TASK STATEMENT – Your task is to transcribe the entries below exactly, beginning with the line containing "return rest;" and ending with the final line, and to add nothing else.

[[ EXTRACTED MATERIAL open ]]

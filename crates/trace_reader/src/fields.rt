//! The lines of a text, and the fields of a line.

ghost use Rattle.std.specs.Prelude.{◌≡◌, ◌<◌, ◌≤◌, ◌⊎◌, ◌∷◌, [], length, slice_index, false, MatchOption};
ghost use Rattle.trace_reader.specs.Lines.{lines_of, fields_of, is_blank as is_blank_byte, without_return as said_of};

use memchr::{memchr, memchr2};

/// The first line of a text that has bytes, without its end, and what follows it.
pub fn split_line(text: &[u8]) -> (&[u8], &[u8])
    requires { 0 < length text.now }
    ensures lines { lines_of text.now ≡ result.0.now ∷ lines_of result.1.now }
    ensures shorter { length result.1.now < length text.now }
{
    let Some(end) = memchr(b'\n', text) else {
        return text.split_at(text.len());
    };
    let (line, _) = text.split_at(end);
    let (_, rest) = text.split_at(end + 1);
    (without_return(line), rest)
}

/// A line without the carriage return at its end, if one is there.
fn without_return(line: &[u8]) -> &[u8]
    ensures { result.now ≡ said_of line.now }
{
    if line.is_empty() || line[line.len() - 1] != b'\r' {
        return line;
    }
    let (said, _) = line.split_at(line.len() - 1);
    said
}

/// The first field of a line, and what follows it. None where only blanks are left.
pub fn next_field(text: &[u8]) -> Option<(&[u8], &[u8])>
    ensures { MatchOption result
        (fields_of text.now ≡ [])
        (λ found. (fields_of text.now ≡ found.0.now ∷ fields_of found.1.now) × (0 < length found.0.now)) }
{
    let text = skip_blanks(text);
    if text.is_empty() {
        return None;
    }
    let Some(end) = memchr2(b' ', b'\t', text) else {
        return Some(text.split_at(text.len()));
    };
    Some(text.split_at(end))
}

/// A text without the blanks at its front.
fn skip_blanks(text: &[u8]) -> &[u8]
    ensures same { fields_of result.now ≡ fields_of text.now }
    ensures field { (length result.now ≡ 0) ⊎ (is_blank_byte (slice_index result.now 0) ≡ false) }
{
    for (count, byte) in text.iter().enumerate() {
        if !is_blank(*byte) {
            let (_, rest) = text.split_at(count);
            return rest;
        }
    }
    let (_, rest) = text.split_at(text.len());
    rest
}

/// Whether a byte stands between fields: a space or a tab.
fn is_blank(byte: u8) -> bool
    ensures { result ≡ is_blank_byte byte }
{
    byte == b' ' || byte == b'\t'
}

[[ EXTRACTED MATERIAL closed ]]

RESPONSE FOR THIS EXERCISE –
            return rest;
        }
    }
    let (_, rest) = text.split_at(text.len());
    rest
}

/// Whether a byte stands between fields: a space or a tab.
fn is_blank(byte: u8) -> bool
    ensures { result ≡ is_blank_byte byte }
{
    byte == b' ' || byte == b'\t'
}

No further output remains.